Sports video games like Roller Champions usually require more-advanced AI teammates with real-time strategic collaboration, and more complex and realistic agent interactions. In this context, it is essential to elaborate on less predictable behaviors closer to human actions to keep the player's interest and immersion.

This talk aims to unveil the multiple challenges facing the introduction of deep reinforcement learning (Deep RL) in a real-world game production that must deliver high-end results in a multi-player environment where agents must effectively collaborate with real players.

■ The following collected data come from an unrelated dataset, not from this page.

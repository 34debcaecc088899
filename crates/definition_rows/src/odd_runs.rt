//! Runs that no pool makes: what a legal run refuses of them, and what only one order does.

ghost use Rattle.pool_law.specs.Logs.{of_lane, entries_of};
ghost use Rattle.pool_law.specs.Counts.{CountsHold};
ghost use Rattle.pool_law.specs.Legal.{IsLegal, logs_of};
ghost use Rattle.run_order.specs.Order.{InOneOrder};
ghost use Rattle.definition_rows.specs.LaneRuns.{four};
ghost use Rattle.definition_rows.specs.OddRuns.{circling, read_before_set, freed_while_counted};
ghost use Rattle.definition_rows.specs.DisorderedRuns.{freed_in_its_mail, used_behind_its_end};

/// Each of two lanes counts a root where it uses it, since each gets it by what it sends itself. But
/// nobody bore the root, so the run is not legal, and its fetches stand before their posts.
pub fn root_that_nobody_bore()
    ensures first_counts { CountsHold four 0 (of_lane (entries_of (logs_of circling)) 0) }
    ensures second_counts { CountsHold four 0 (of_lane (entries_of (logs_of circling)) 1) }
    ensures refused { ¬ IsLegal circling }
    ensures no_order { ¬ InOneOrder (logs_of circling) }
{}

/// A legal run orders the notes of each lane and those at each object, and no more: a lane may read
/// what was there before the set by which another lane prepared the root for it. Such a run stands in
/// no one order.
pub fn read_before_set_run()
    ensures legal { IsLegal read_before_set }
    ensures no_order { ¬ InOneOrder (logs_of read_before_set) }
{}

/// In a legal run the steps on a root's count have no order over the lanes. So one lane's release may
/// end the count while the other lane counts the root, on whose bytes another root lies by then. Such
/// a run stands in no one order.
pub fn freed_while_counted_run()
    ensures legal { IsLegal freed_while_counted }
    ensures no_order { ¬ InOneOrder (logs_of freed_while_counted) }
{}

/// The same, where the lane that still counts the root writes and reads it behind the birth of the
/// other, and the root ends behind that at its place.
pub fn used_behind_its_end_run()
    ensures legal { IsLegal used_behind_its_end }
    ensures no_order { ¬ InOneOrder (logs_of used_behind_its_end) }
{}

/// The same of one lane, which ends a root that it sent to itself while the parcel lies in its mail,
/// and receives it when another root lies on its bytes.
pub fn freed_in_its_mail_run()
    ensures legal { IsLegal freed_in_its_mail }
    ensures no_order { ¬ InOneOrder (logs_of freed_in_its_mail) }
{}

Eva Raggini, Machine Learning Programmer at Ubisoft, will show how the team achieved the modeling of multiple complex behaviors using multi-agent reinforcement learning (MARL), how they overcame a range of difficulties within complex training environments, their approach to handling collaboration between agents and players, and why they incorporated changes in the production workflow to rely more heavily on machine learning inference.

Takeaway

Attendees will gain useful insights into managing specific reinforcement learning issues in a multi-agent system environment. The goal is to help future machine learning programmers identify the challenges related to this technology, enlightening the workflow steps to model complex NPC behaviors required to achieve a production-ready quality.

Intended Audience

This is for ML/AI programmers interested in reinforcement learning usage and technological advancement in game production.